Anyway, tech support escalated it and said they would possibly try a few OTA resets since I'd be away from my car for three days.

Before leaving home this morning, after it had enough time to deep sleep, I checked the app and it still had the wrong location. We shall see.

In the meantime, location based stuff like home link, speed limits, and scheduled charging doesn't work. Too bad the stuck map is so prominent otherwise it would be no different than my old analog Integra.

Anybody else?


----------



## MelindaV (Apr 2, 2016)

skygraff said:


> In the meantime, location based stuff like home link, speed limits, and scheduled charging doesn't work.


so, good idea to stash an old garage door clicker in the glovebox, just in case.


----------



## skygraff (Jun 2, 2017)

Homelink works just not the auto open based on GPS.

Really, not a big deal for my drive that night or even most of my driving.


----------



## SoFlaModel3 (Apr 15, 2017)

MelindaV said:


> so, good idea to stash an old garage door clicker in the glovebox, just in case.


You've started the journey on smart home, next stop smart garage.
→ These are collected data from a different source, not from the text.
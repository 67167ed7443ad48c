// Insertion into an index.
ghost use Rattle.std.specs.Prelude.{◌≡◌};
ghost use Rattle.tree_core.specs.Insertion.{grow_root, add_to_total, insert_into};
ghost use Rattle.tree_core.specs.CodeTerms.{grown_list};

use crate::insertion::insert_at;
use pagestore::{
    Record, features_of, root_level, root_page, set_root_level, set_root_page, set_total_records,
    total_records,
};
use pagestore_free::take_page;
use tree_core::{Grown, Ranked};
use tree_items::{Inners, Kind};

// A split root gets a new root above the two pages that it has become.
fn grow_root(index: &mut [u8], level: u8, grown: Grown)
    ensures { index.new ≡ grow_root level index.old (grown_list grown) }
{
    if let Grown::Two(e, f) = grown {
        let level = level.wrapping_add(1);
        let page = take_page(index);
        Inners { level }.write(index, page, &[e, f]);
        set_root_page(index, page);
        set_root_level(index, level);
    }
}

fn add_to_total(index: &mut [u8])
    ensures { index.new ≡ add_to_total index.old }
{
    let n = total_records(index).wrapping_add(1);
    set_total_records(index, n);
}

// Inserts a record. It takes the pages that `pages_wanted` says, and they must be there.
pub fn insert(index: &mut [u8], x: Record)
    ensures { index.new ≡ insert_into index.old x }
{
    let x = Ranked::new(x, features_of(index));
    let level = root_level(index);
    let root = root_page(index);
    let grown = insert_at(index, root, level, x);
    grow_root(index, level, grown);
    add_to_total(index);
}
Who wants a clicker


----------



## Bob Hinden (Jul 30, 2017)

skygraff said:


> On 2018.14.13 9e3b7ff and don't know, yet, if this is software or hardware related.
> 
> Last night, my GPS decided not to register me moving from the location of the meeting I was attending (at least it didn't think it was in Fremont). I stopped halfway home for some shopping but not long enough for a deep sleep. Before pulling out of parking lot, I tried two reboots and a power off then called Tesla. They were experiencing high call volume so I opted for call back and told them it still drove fine.
> 
> ...


I had a similar experience with my model 3 a few days after delivery. I talked to Tesla on the phone and even went to a service center. They reset the display a few time, and had me power off/on the car. I made an appointment for the following week. Later that day, it started working again. Also, after that I starting getting other features like navigation lane indications that I wasn't seeing earlier. I suspect there was some sort of software problem that required a reboot. But it didn't take effect until later that day. I canceled the appointment, hopefully it won't happen again.


----------



## skygraff (Jun 2, 2017)

E-mailed yesterday and called today to check status. Was told that it had been assigned to a tech and was given additional troubleshooting steps (power down for more than a minute and drive for 15 - 20 minutes after). I was also told that a static car (especially in a garage) won't acquire its position or indicate that on the app even if the issue had resolved itself.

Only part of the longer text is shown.